Habe mir das System gestern zusammengebaut in einem Bitfenix Prodigy, jedoch scheint es entweder an der Lüftersteuerung seitens des Boards  oder an der Wakü selbst zu liegen. Der Lüfter der Wakü (beiliegender Lüfter von Corsair) dreht direkt bei start voll auf u. lässt sich nichtmal übers UEFI regeln. Pumpe ist an CPU-Fan angeschlossen und Lüfter auf SYS-Fan. Temperaturen werden direkt bei 40 - 50C° im Uefi angezeigt, mit Coretemp sind sie etwas niedriger aber tendenz steigend. Momentan soll das ganze auf angeblich fast 70C° stehen (Desktopbetrieb). Habe ich ein Problem mit den Sensoren oder ist vllt. sogar meine CPU defekt? Getaktet habe ich nicht und PC ist wie gesagt seit gestern erst neu im Einsatz, Das die Temperaturen so hoch steigen habe ich auch erst seit heute (gestern Abend noch moderat bei ca. 40C°) Gigabyte habe ich bereits zu diesem Problem Kontaktiert warte jedoch auf antwort. Hat jmd eine Idee?

LG


----------



## Abductee (6. Juli 2013)

*AW: Gigabyte Z87N-Wifi in Verbund mit Corsair H60 2nd Probleme mit der Lüftersteuerung?*

Da hast du was durcheinander gebracht.
Die Pumpe darfst du nicht regeln, die kannst du auf dem (ungeregelten) Sys_Fan anstecken.
Den Lüfter vom Radiator steckst du auf CPU_Fan


----------



## Dreak77 (6. Juli 2013)

Also doch so rum. Ich habe mich über nacht wund gelesen ^^ Ich werde es direkt mal ausprobieren und das Ergebnis zukommen lassen.
Danke schonmal für die schnelle Antwort 

Hat alles geklappt so wie du es gesagt hast. Vielen dank nochmal! 

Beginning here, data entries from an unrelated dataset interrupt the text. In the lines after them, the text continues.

//! Threads that install in the same words at the same time, so that they meet, and complete, each other's installs.
ghost use Rattle.std.specs.Prelude.{◌≡◌, []};
ghost use Rattle.pc_rule_law.specs.Conditions.{IsFree, CanWrite};
ghost use Rattle.pc_rule.specs.Passes.{view, listed, board_size, IsPassOf, IsSeatedAs, IsSamePass};
ghost use Rattle.pc_rule.specs.Shares.{AreAll, NoneTried};
ghost use Rattle.pc_dcss.specs.Installs.{KnowsPlace};
ghost use Rattle.pc_kcas.specs.Exchanges.{IsUncleared, own_exchange};

use crate::exchanges::{installed, published, value, version};
use crate::withdrawals::withdrawn;
use pc_dcss::Installed;
use pc_model::{Field, Loose, Memory};
use pc_rule::{Board, Pass, Place, Share, close_board, open_board, usual_starts};
use std::sync::atomic::{AtomicU64, Ordering};
use std::thread;
use std::thread::Threads;

/// How often each thread installs each word.
const TIMES: u32 = 100_000;

/// Whether an install for a withdrawn exchange may be answered so.
fn is_decided_or_met(answer: Installed) -> bool {
    match answer {
        Installed::Decided => true,
        Installed::Met(_) => true,
        _ => false,
    }
}

/// Installs both words again and again. Says whether each answer was one of a withdrawn exchange.
fn install_often(board: &Board<Loose>, pass: &mut Pass<Loose>, one: Place, two: Place) -> bool
    requires pass { IsPassOf board.now pass.old }
    requires free { IsFree (view pass.old) }
    requires published { IsUncleared pass.old }
    requires one { KnowsPlace (view pass.old) (own_exchange pass.old) one }
    requires two { KnowsPlace (view pass.old) (own_exchange pass.old) two }
    ensures same { IsSamePass pass.old pass.new }
    ensures free { IsFree (view pass.new) }
{
    let mut all = true;
    for _ in 0..TIMES {
        let first = installed(board, pass, one);
        let second = installed(board, pass, two);
        all = all && is_decided_or_met(first) && is_decided_or_met(second);
    }
    all
}

/// The pass publishes the version and this value of the sentinel, withdraws, and installs both words again and again. Says
/// whether it withdrew, and each answer then was one of a withdrawn exchange.
fn withdraw_and_install(board: &Board<Loose>, pass: &mut Pass<Loose>, new: u32) -> bool
    requires pass { IsPassOf board.now pass.old }
    requires open { CanWrite (view pass.old) × (listed pass.old ≡ []) }
    requires free { IsFree (view pass.old) }
    requires start { (board_size board.now).starts.version ≡ 0 }
    ensures seated { IsSeatedAs pass.old pass.new }
    ensures free { IsFree (view pass.new) }
{
    let one = version();
    let two = value(new);
    let Ok(()) = published(board, pass, one, two) else {
        return false;
    };
    let undecided = withdrawn(board, pass);
    install_often(board, pass, one, two) && undecided
}

/// Each pass withdraws an exchange of the same two words and installs both again and again, in a thread of its own. Counts the
/// passes with another answer than those of a withdrawn exchange.
fn installed_in_threads<R: Threads + Sync>(
    rt: &R,
    board: &Board<Loose>,
    passes: &mut [Pass<Loose>],
) -> u64
    requires all { AreAll board.now passes.old }
    requires open { NoneTried passes.old }
    requires start { (board_size board.now).starts.version ≡ 0 }
    ensures { AreAll board.now passes.new }
{
    let strange = AtomicU64::new(0);
    let work = |i: usize, pass: &mut Pass<Loose>|
        requires pass { IsPassOf board.now pass.old }
        requires open { CanWrite (view pass.old) × (listed pass.old ≡ []) }
        requires free { IsFree (view pass.old) }
        requires start { (board_size board.now).starts.version ≡ 0 }
        ensures seated { IsSeatedAs pass.old pass.new }
        ensures free { IsFree (view pass.new) }
    {
        let new = if i == 0 { 50 } else { 60 };
        if !withdraw_and_install(board, pass, new) {
            strange.fetch_add(1, Ordering::SeqCst);
        }
    };
    thread::for_each_mut(rt, passes, 2, &work);
    strange.load(Ordering::SeqCst)
}

#[test]
fn threads_install_in_the_same_words(rt: HostRuntime) -> Result<(), Memory> {
    let share = Share { slots: 1, calls: 0 };
    let (board, mut passes) = open_board(rt.alloc(), Loose, &[share, share], usual_starts())?;
    let strange = installed_in_threads(&rt, &board, passes.as_mut_slice());
    let closed = close_board(board, passes);
    let left = (closed.cell(1, Field::Version), closed.cell(1, Field::Value));
    assert_eq!(rt; (strange, left), (0, (0, 0)));
    Ok(())
}
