// What each piece of a text adds to a draft.
ghost use Rattle.std.specs.Prelude.{◌≡◌, ℕ, List, [], if◌then◌else◌, OnOk, IfOk, nat_eq};
ghost use Rattle.property.specs.Moves.{visit, hold, declare, number_of, arity_of};
ghost use Rattle.forms.specs.Bytes.{capital};
ghost use Rattle.property.specs.Cursors as cursor;
ghost use Rattle.property.specs.States as state;
ghost use Rattle.property.specs.Words.{first_byte};
ghost use Rattle.property.specs.Views.{view, sofar, spelled as spelling, key_of};

use crate::cursor::*;
use crate::draft::*;
use crate::reader::*;
use crate::spot::*;
use crate::table::*;
use crate::words::*;
use std::alloc::AllocError;

impl Cursor {
    // The cursor, where a state is written.
    fn visiting(mut self, w: &[u8]) -> Cursor
        ensures { result ≡ state.visiting w.now self }
    {
        self.starts = self.starts || is_start(w);
        self.errs = self.errs || is_error(w);
        self
    }
}

impl Draft {
    // A state is one of those that have been written: its number.
    fn visit(&mut self, text: &[u8], name: Name) -> Result<usize, AllocError>
        ensures { IfOk result (λ n. (n ≡ state.state_number (sofar text.now self.old).others (spelling text.now name)) × (view text.now self.new ≡ visit (spelling text.now name) (view text.now self.old))) }
    {
        let w = spelled(text, name);
        let reading = Reading {
            text,
            draft: &*self,
        };
        let number = reading.state_number(w);
        if reading.fresh_other(w) {
            self.others.push(name)?;
        }
        self.cursor = self.cursor.visiting(w);
        Ok(number)
    }

    // A constant or a variable has a register: its number.
    fn hold(&mut self, text: &[u8], register: Register) -> Result<usize, AllocError>
        ensures { IfOk result (λ n. (n ≡ state.register_of (sofar text.now self.old) (key_of text.now register)) × (view text.now self.new ≡ hold (key_of text.now register) (view text.now self.old))) }
    {
        let reading = Reading {
            text,
            draft: &*self,
        };
        if let Some(number) = reading.register(register) {
            return Ok(number);
        }
        let number = self.registers.len();
        self.registers.push(register)?;
        Ok(number)
    }

    // The method of a line is declared.
    fn add_method(&mut self, number: u32, arity: usize) -> Result<(), AllocError>
        ensures { OnOk result ((t : List ℕ) → view t self.new ≡ declare number arity (view t self.old)) }
    {
        let method = Method {
            name: self.word,
            number,
            arity,
        };
        self.methods.push(method)?;
        Ok(())
    }

    // The statement that was being read ends.
    fn add_statement(&mut self) -> Result<(), AllocError>
        ensures { OnOk result ((t : List ℕ) → view t self.new ≡ state.ends_statement (view t self.old)) }
    {
        let statement = self.cursor.statement;
        self.statements.push(statement)?;
        self.cursor.spot = Spot::Line(Line::Fresh);
        Ok(())
    }
}
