// The table that a pass over a row reads along the blocks of the row (table), whichever lanes it has (lanes), and the first queue of a block
// (block). What a row of values is, and what such a table says, is in specs/.
#![tactic(auto)]

mod block;
mod lanes;
mod table;

pub use block::first_queue;
pub use lanes::{Block, Head, Lanes};
pub use table::{Line, Table};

Thread kann geschlossen werden.


----------



## Uter (6. Juli 2013)

*AW: Gigabyte Z87N-Wifi in Verbund mit Corsair H60 2nd Probleme mit der Lüftersteuerung?*

Für weitere Fragen:
http://extreme.pcgameshardware.de/w...hlungen-corsair-h-0-antec-h20-coolit-eco.html

-CLOSED-


----------